There are intermediate and problematic positions, of course. Not all utterances can be translated even when we are quite sure they are in a language. Egyptian hieroglyphs were indecipherable until two brilliant linguists, Thomas Young and Jean-François Champollion, worked out how to do it with the help of the Rosetta stone. More generally still, we can’t translate from languages we don’t know. But to claim that something is in a language is to posit that, with the appropriate knowledge, it can be translated.[87]

Translation presupposes not the loss of the ineffable in any given act of interlingual mediation such as the translation of poetry but the irrelevance of the ineffable to acts of communication. Any thought a person can have, the philosopher Jerrold Katz argued, can be expressed by some sentence in any natural language; and anything that can be expressed in one language can also be expressed in another. What cannot be expressed in any human language (opinions vary as to whether such things are delusional or foundational) lies outside the boundaries of translation and, for Katz, outside the field of language, too. This is his axiom of effability. One of the truths of translation—one of the truths that translation teaches—is that everything is effable.
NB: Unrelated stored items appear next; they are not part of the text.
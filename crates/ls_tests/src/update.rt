//! Each call once with ample memory; `ls_tables` has the tables of coded fields.
use ls_update::*;
use ls_value::{NoMemory, Row, Text, Value, same, same_bytes};
use std::alloc::Global;

/// The row of null and a text.
fn row_of(alloc: Global, second: &str) -> Result<Row, NoMemory> {
    let text = Text::from_string(String::from_str(alloc, second)?);
    Ok(Row::of(vec![in alloc; Value::Null, Value::Text(text)]?))
}

/// Whether a row is written after another one.
fn writes(alloc: Global) -> Result<bool, NoMemory> {
    let before = row_of(alloc, "a")?;
    let row = row_of(alloc, "#c")?;
    let fields = write(alloc, Some(&before), &row)?;
    Ok(same_bytes(fields.as_slice(), b"|%23c"))
}

/// Whether a row is read after another one.
fn reads(alloc: Global) -> Result<bool, NoMemory> {
    let before = row_of(alloc, "a")?;
    let row = row_of(alloc, "#c")?;
    if before.len() != 2 {
        return Ok(false);
    }
    match read(alloc, Some(&before), b"|%23c", 2) {
        Ok(again) => Ok(same(&again, &row)),
        Err(_) => Ok(false),
    }
}

#[test]
fn a_row_is_written(rt: HostRuntime) -> Result<(), NoMemory> {
    assert!(rt; writes(rt.alloc())?);
    Ok(())
}

#[test]
fn a_row_is_read(rt: HostRuntime) -> Result<(), NoMemory> {
    assert!(rt; reads(rt.alloc())?);
    Ok(())
}
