//! The last updates of a slot, with room for as many as there are, up to a limit.
ghost use Rattle.std.specs.Prelude.{◌≡◌, ◌+◌, ◌<◌, ◌≤◌, [], ◌∷◌, ◌++◌, length, min, nat_le, IfOk, OnOk, OnErr};
ghost use Rattle.ls_event.specs.Updates.{last_of};

use circular_buffer::HeapCircularBuffer;
use ls_event::OwnRow;
use ls_value::NoMemory;

/// The room that is taken first.
const FEW: usize = 4;

/// Keeps an update behind the others, of which the last `most` stay, and tells whether the first one was lost.
/// After `NoMemory` they are as before.
#[tactic(auto, using(crate::proofs::Rings::last_of_room))]
pub fn push(
    ring: &mut HeapCircularBuffer<OwnRow>,
    own: OwnRow,
    most: usize,
) -> Result<bool, NoMemory>
    requires some { 0 < most }
    requires capacity { ring.old.capacity ≤ most }
    ensures items { OnOk result (ring.new.items ≡ last_of most (ring.old.items ++ own ∷ [])) }
    ensures lost { IfOk result (λ lost. lost ≡ nat_le most (length ring.old.items)) }
    ensures capacity { ring.new.capacity ≤ most }
    ensures err { OnErr result (ring.new.items ≡ ring.old.items) }
{
    make_room(ring, most)?;
    let lost = ring.len() >= most;
    let _first = ring.push_back(own);
    Ok(lost)
}

/// Takes room for one more, where there is none and fewer than `most` have room.
fn make_room(ring: &mut HeapCircularBuffer<OwnRow>, most: usize) -> Result<(), NoMemory>
    requires some { 0 < most }
    requires capacity { ring.old.capacity ≤ most }
    ensures items { ring.new.items ≡ ring.old.items }
    ensures capacity { ring.new.capacity ≤ most }
    ensures room { OnOk result (min most (length ring.old.items + 1) ≤ ring.new.capacity) }
{
    let room = ring.capacity();
    if room < most && ring.len() >= room {
        ring.resize(room.saturating_mul(2).max(FEW).min(most))?;
    }
    Ok(())
}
Especially poetry. America and Britain are awash with poetry magazines, and every year small publishers put out hundreds of slim volumes containing poems in translation. Our present army of amateur poetry translators is keeping poetry alive. Poetry is not what is lost but what is gained from their work.

An individual poem may have a quality that, for any one of us, is so personal and unique that it might as well be ineffable, but the issue of unspeakable ideas arises much more obviously in a quite different domain. It is in our interactions not with works of genius but with other species that the ineffable looms before us like a brick wall.

On a short trip to South America, Romain Gary picked up a twenty-three-foot-long python, whom he called Pete the Strangler and then donated to a private zoo in California. When he was consul general in Los Angeles, Gary used to go and see Pete in his enclosure.

We would stare at each other in absolute astonishment, often for hours, deeply intrigued and wondering, awed and yet incapable of giving each other any kind of explanation about what had happened to us, and how and why it had happened, unable to help each other with some small flash of understanding drawn from our respective experiences. To find yourself in the skin of a python or in that of a man is such a mysterious and astonishing adventure that the bewilderment we shared had become a kind of fraternity, a brotherhood beyond and above our respective species.[88]